LE GRILLEN ( Colmar ) (10/03/2017)

Publié le 16/03/2017 par olivier no limit

LE GRILLEN : Pour fêter ses deux années d’existence, l’association Colmarienne HEADBANG nous proposait ce vendredi 10 mars, une affiche metal alléchante plutôt tournée vers le metal noir avec les groupes Français à l’honneur.

 

C’est SEARING SKULLqui ouvre les hostilités alors que la petite salle du GRILLEN se remplie petit à petit.

Originaires d’Alsace, ces musiciens, vraiment underground, font dans un black pagan metal traditionnel qui est loin d’être désagréable ; en fait j’en ai apprécié la démarche car ils jouent aussi bien sur des mids tempos un peu thrashy et obsédants comme peuvent en pondre SATYRICON que s’envoler vers des pulsations plus speed à coup de blast beat enragés ;  ils essayent de ne pas vouloir s’enfermer dans des carcans tout en respectant et drivant de cette aura glacée propre au black. La salle répond plutôt honorablement à leur musique bien posée et habitée par ce qu’on appelle la passion. Ce soir, pour l’occasion, ce combo, qui est né il y a tout de même 20 ans et qui semble renaitre de ses cendres pour cette soirée, n’a rien de déplacé, bien au contraire, car ils annoncent ce qui va suivre.

 

Quoique….. C’est ensuite au tour des Colmariens SIX GRAMMES EIGHT d’entamer la danse de guerre.

Alors certains ont dit qu’ils faisaient un peu « intrus » dans cette scène dédiée ce soir au Black.
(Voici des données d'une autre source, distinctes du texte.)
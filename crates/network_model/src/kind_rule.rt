//! The rules by which bridges take plain or swift boxes.

/// Which kind of box each declared bridge takes.
#[derive(Clone, Copy, Debug, PartialEq, Eq)]
pub enum KindRule {
    /// All are plain.
    Plain,
    /// All are swift.
    Swift,
    /// The first, third and so on are plain, the others swift.
    Mixed,
}
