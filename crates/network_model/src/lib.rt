//! What a network of bridges and links is, and what holds of it: its state, what comes to pass in it, why a command is
//! refused, what an accepted one makes and answers, and when the network is quiet.
//!
//! There is no code here but the types that states and answers are made of; `spb_network` does what is said here. What
//! an accepted command makes stands in `specs/Play.antt`, what it delivers in `specs/Captured.antt`, and why one is
//! refused in `specs/Refusing.antt`. What holds of a network at every moment stands in `specs/Sound.antt`; what a quiet network knows of its wiring in
//! `specs/Truth.antt`; and that service instances don't mix in it, quiet or not, in `specs/Isolation.antt`. Each law is
//! the contract of a function that does nothing.
#![tactic(auto)]

pub use answer::{Answer, Out};
pub use conditions::Conditions;
pub use delivered::Delivered;
pub use kind_rule::KindRule;
pub use laws::{
    a_delivery_is_one_step, a_restart_begins_anew, deliveries_are_brief, events_keep_sound,
    group_frames_leave_once, networks_are_sound, numbers_stay_bounded, quiet_can_be_relied_on,
    quiet_is_true, quiet_paths_are_wired, quiet_says_what_it_reads_like, services_stay_apart,
    some_network_is_busy, the_first_reason_is_given, wiring_gives_tables,
};

mod answer;
mod conditions;
mod delivered;
mod kind_rule;
mod laws;
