//! What bridges hear.
use shared_frames::Frame;

/// A frame that came to a backbone port of a bridge, and how many seconds the bridge had by then, under its name, since
/// it was declared; they are counted to 4,294,967,295 and stop there.
#[derive(Debug, Drop)]
pub struct Delivered {
    /// The seconds.
    pub tick: u32,
    /// The bytes of the frame, which are shared and not copied.
    pub frame: Frame,
}
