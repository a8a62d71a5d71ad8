//! The faults of a peer's OPEN as sets. (Which it has is compared by the program `real_captures`.)

use super::*;
use bgp_open::OpenFaults;
use bgp_wire::vectors::OPEN_B;

const ALL_BUT_1: u16 = 1 | 1 << 2 | 1 << 3 | 1 << 4 | 1 << 6 | 1 << 7 | 1 << 11;

/// A set of each subcode alone.
static ONE_EACH: [OpenSubcodes; 8] = [
    OpenSubcodes {
        unspecific: true,
        ..OpenSubcodes::NONE
    },
    OF_VERSION,
    OpenSubcodes {
        peer_as: true,
        ..OpenSubcodes::NONE
    },
    OpenSubcodes {
        identifier: true,
        ..OpenSubcodes::NONE
    },
    OpenSubcodes {
        parameter: true,
        ..OpenSubcodes::NONE
    },
    OpenSubcodes {
        hold: true,
        ..OpenSubcodes::NONE
    },
    OpenSubcodes {
        capability: true,
        ..OpenSubcodes::NONE
    },
    OpenSubcodes {
        role: true,
        ..OpenSubcodes::NONE
    },
];

/// The subcodes of [`ONE_EACH`], and the data that a NOTIFICATION gives with them: the version that
/// is spoken, and else none.
static NAMED: [(u8, &[u8]); 8] = [
    (0, &[]),
    (1, &[0x00, 0x04]),
    (2, &[]),
    (3, &[]),
    (4, &[]),
    (6, &[]),
    (7, &[]),
    (11, &[]),
];

const OF_VERSION: OpenSubcodes = OpenSubcodes {
    version: true,
    ..OpenSubcodes::NONE
};

const OF_6_AND_7: OpenSubcodes = OpenSubcodes {
    hold: true,
    capability: true,
    ..OpenSubcodes::NONE
};

const ALL_BUT_VERSION: OpenSubcodes = OpenSubcodes {
    unspecific: true,
    version: false,
    peer_as: true,
    identifier: true,
    parameter: true,
    hold: true,
    capability: true,
    role: true,
};

/// Whether this subcode of OPEN Message Error is named first, with these data.
fn names_first(errors: &OpenSubcodes, subcode: u8, detail: &[u8]) -> bool {
    match errors.least() {
        Some(fault) => {
            fault.code == 2 && fault.subcode == subcode && fault.detail.as_slice() == detail
        }
        None => false,
    }
}

/// Whether the subcode of a set is named first, and beside 6 and 7 the least.
fn is_named(errors: &OpenSubcodes, subcode: u8, detail: &[u8]) -> bool {
    let with_others = errors.union(OF_6_AND_7);
    names_first(errors, subcode, detail) && names_first(&with_others, subcode.min(6), detail)
}

#[test]
fn the_least_subcode_is_named_with_its_data(rt: HostRuntime) {
    for (errors, (subcode, detail)) in ONE_EACH.iter().zip(&NAMED) {
        assert!(rt; is_named(errors, *subcode, detail));
    }
    assert!(rt; OpenSubcodes::NONE.least().is_none());
}

/// Whether the faults differ from those with another set of either kind.
fn differ(faults: OpenFaults, other: OpenSubcodes) -> bool {
    let must = OpenFaults {
        must: other,
        ..faults
    };
    let may = OpenFaults {
        may: other,
        ..faults
    };
    faults != must && faults != may && other == other && other != OpenSubcodes::NONE
}

/// Whether equal faults have equal sets.
fn are_equal(faults: OpenFaults, again: OpenFaults) -> bool {
    let mut are_right = faults == again
        && faults.must == OpenSubcodes::NONE
        && faults.may != OpenSubcodes::NONE;
    for other in &ONE_EACH {
        are_right = are_right && differ(faults, *other);
    }
    are_right
}

#[test]
fn equal_faults_have_equal_fields(rt: HostRuntime) {
    let is_right = match Config::new(ROUTER_A) {
        Some(config) => are_equal(open_faults(&config, &OPEN_B), open_faults(&config, &OPEN_B)),
        None => false,
    };
    assert!(rt; is_right);
}

#[test]
fn a_union_has_the_subcodes_of_both_sets(rt: HostRuntime) {
    let with_none = OpenSubcodes::NONE.union(OF_VERSION);
    let with_itself = ALL_BUT_VERSION.union(ALL_BUT_VERSION);
    let all = ALL_BUT_VERSION.union(OF_VERSION);
    assert!(rt;
        has_just(&with_none, 1 << 1)
            && has_just(&with_itself, ALL_BUT_1)
            && has_just(&all, ALL_BUT_1 | 1 << 1)
    );
}
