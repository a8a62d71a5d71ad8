//! Links as values. (Configurations, what both OPENs settle, and the local system's own OPEN are
//! compared by the program `real_captures`.)

use super::*;
use bgp_open::{Link, OpenFaults};
use bgp_wire::vectors::OPEN_B;

/// Only a `Copy` value can be given twice.
fn twice<T: Copy>(value: T) -> (T, T) {
    (value, value)
}

/// Whether a link differs from those with another value in one field.
fn differs(link: Link) -> bool {
    let (mut hold, mut as4, mut families) = (link, link, link);
    let (mut internal, mut extended) = (link, link);
    let (mut received, mut sent) = (link, link);
    hold.hold = 30;
    as4.as4 = false;
    families.families = Families::V4;
    internal.internal = true;
    extended.extended = true;
    received.received.ipv6_next_hops = true;
    sent.sent.identified = BOTH;
    let forms_differ = link != received && link != sent;
    link != hold
        && link != as4
        && link != families
        && link != internal
        && link != extended
        && forms_differ
}

/// Whether a link is copied and compared, and so is what is found in an OPEN.
fn are_copied(link: Link, again: Link, faults: OpenFaults) -> bool {
    let (one, other) = twice(link);
    let (first, second) = twice(faults);
    one == other && one == again && differs(one) && first == second
}

/// The same of what router A settles with the peer.
fn are_copied_of_b() -> bool {
    match (Config::new(ROUTER_A), read_open(&OPEN_B)) {
        (Some(config), Ok(open)) => are_copied(
            negotiate(&config, &open),
            negotiate(&config, &open),
            open_faults(&config, &OPEN_B),
        ),
        _ => false,
    }
}

#[test]
fn links_and_faults_are_small_copied_and_compared(rt: HostRuntime) {
    assert!(rt; are_copied_of_b() && size_of::<Link>() == 14 && size_of::<OpenFaults>() == 16);
}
Perso, j’ai bien aimé, adorant la diversité dans le metal. Leur musique oscille entre hardcore et death core et ils balancent leurs pulsions à grands coups de breakdowns salvateurs, emmenés par deux chanteurs, l’un hardcore, l’autre plutôt « groinck », pendant que les guitares tranchent dans le tas comme des massues. Fort d’un nouvel album nommé « Aldebaran » ils ont la rage. Dans le public quelques fans à casquettes y vont de leur danse syncopée et au fur et à mesure de leur set, on sent, que pour ces musiciens, la musique est plus qu’un passetemps, mais plutôt une manière de vivre.

 

Et puis ce sont les niçois de SVART CROWN qui prennent possession de planches.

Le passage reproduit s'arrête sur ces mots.